See Motors Liquidation Co., 957 F.3d at 360 (explaining that judicial admissions bind the parties
that make them). In analogous contexts, a party’s or attorney’s signature on a document presented
to the court reflects a good-faith belief that the document’s contentions “have evidentiary support.”
Fed. R. Civ. P. 11(b)(3); see also Harris Custom Builders, Inc. v. Hoffmeyer, 140 F.3d 728, 731
(7th Cir. 1998) (providing that sanctionable conduct may be considered in awarding fees under the
Copyright Act). Making knowingly misleading or false assertions is thus sanctionable. See S.R.
Mercantile Corp. v. Maloney, 909 F.2d 79, 83 (2d Cir. 1990) (awarding attorneys’ fees based on
counsel’s having “made representations to the [c]ourt that he knew or should have known were
untrue”). Accordingly, ReDigi’s contradictory assertions about its technological process – which
Capitol was compelled to refute at great lengths – amply merit the description “objectively
unreasonable.”
Defendants’ legal arguments and affirmative defenses after the Court’s summary judgment
opinion were also objectively unreasonable. As detailed above, after the Individual Defendants
were joined to the case, they asserted dozens of affirmative defenses that, for one reason or another,
were frivolous. Five of those defenses (the second, eleventh, twelfth, fifteenth, and twenty-first)

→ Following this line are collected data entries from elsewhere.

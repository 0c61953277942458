//! The world that a script runs in.
ghost use Rattle.std.specs.Prelude.{◌≡◌, [], ◌∷◌, ◌++◌, true, false, IfOk, OnOk, OnErr, IsErr};
ghost use Rattle.run_model.specs.ScriptRuns.{played_by, history_of, text_after};
ghost use Rattle.script_run.specs.Worlds.{AreFirstLines};

use crate::page::Page;
use crate::stage::Stage;
use given_up::GivenUp;
use run_model::{Config, Entry, Line};
use std::alloc::Global;
use std::marker::Model;
use tact_base::{Bytes, Items, NoMemory};

/// What the lines of a script have made so far. Contracts see the setup, the lines that were stepped, and
/// whether memory was refused: from then on the world is spent. Of the lines it holds nothing: what they made stands
/// in the entries.
#[derive(Drop)]
pub struct World {
    stage: Stage,
    /// What happened, in order.
    entries: Items<Entry>,
    lines: GivenUp<Line>,
    /// What the last line printed.
    page: Page,
    spent: bool,
}

impl Model for World {
    ghost use Rattle.script_run.specs.Worlds.{WorldState, PlaysOn};

    ghost Value = { WorldState };

    ghost view = { λ w. record { setup = w.stage.set.setup; lines = w.lines.items; spent = w.spent } };

    ghost invariant = { λ w. PlaysOn w.stage w.entries (view w) };
}

impl World {
    /// The world of a setup, in which nothing has happened. It lies in memory of `alloc`.
    pub fn new(alloc: Global, config: &Config) -> Result<World, NoMemory>
        ensures setup { IfOk result (λ world. world.setup ≡ config.now) }
        ensures lines { IfOk result (λ world. world.lines ≡ []) }
        ensures unspent { IfOk result (λ world. world.spent ≡ false) }
    {
        Ok(World {
            stage: Stage::new(alloc, config, true)?,
            entries: Items::new(alloc),
            lines: GivenUp::new(),
            page: Page::with(Bytes::new(alloc)),
            spent: false,
        })
    }

    /// Does what the next line of a script says, and appends what the line prints: the lines of its entries, and
    /// comments. `NoMemory` leaves `out` as it was; each later step answers it too.
    pub fn step(&mut self, line: &Line, out: &mut Bytes) -> Result<(), NoMemory>
        requires first { self.old.spent ≡ false → AreFirstLines self.old.setup (self.old.lines ++ line.now ∷ []) }
        ensures setup { self.new.setup ≡ self.old.setup }
        ensures unspent { OnOk result ((self.old.spent ≡ false) × (self.new.spent ≡ false)) }
        ensures lines { OnOk result (self.new.lines ≡ self.old.lines ++ line.now ∷ []) }
        ensures text { OnOk result (out.new ≡ out.old ++ text_after self.old.setup (played_by self.old.setup self.old.lines) line.now) }
        ensures spent { OnErr result (self.new.spent ≡ true) }
        ensures err { OnErr result (out.new ≡ out.old) }
        ensures stays { self.old.spent ≡ true → IsErr result }
    {
        if self.spent {
            return Err(NoMemory);
        }
        self.spent = true;
        self.lines = self.lines.and(line);
        self.page.clear();
        self.stage.step(line, &mut self.entries, &mut self.page)?;
        out.append(self.page.bytes())?;
        self.spent = false;
        Ok(())
    }

    /// What happened, in order, unless the world is spent.
    pub fn entries(&self) -> &[Entry]
        ensures { self.now.spent ≡ false → result.now ≡ history_of self.now.setup self.now.lines }
    {
        self.entries.items()
    }
}
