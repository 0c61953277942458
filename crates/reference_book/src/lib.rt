//! The true values over all writes that the replicas of a setup accepted, and how far a replica is from them.
#![tactic(auto)]

mod book;
mod errors;

pub use book::Book;
pub use errors::Errors;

were premised on arguments regarding the fair use and first sale doctrines that the Court had
already rejected in its summary judgment opinion. (Doc. No. 175 at 7.) The Individual Defendants
later disavowed these five defenses of their own accord. (Id.) Two others, the essential step
defense under section 117 of the Copyright Act (sixteenth) and the safe harbor defense under
section 512 of the Digital Millennium Copyright Act (twentieth), had been abandoned by ReDigi
in previous stages of this proceeding. (Id.) Another five affirmative defenses were never raised
in ReDigi’s original answer but easily could have been, and were thus forfeited. (Id.)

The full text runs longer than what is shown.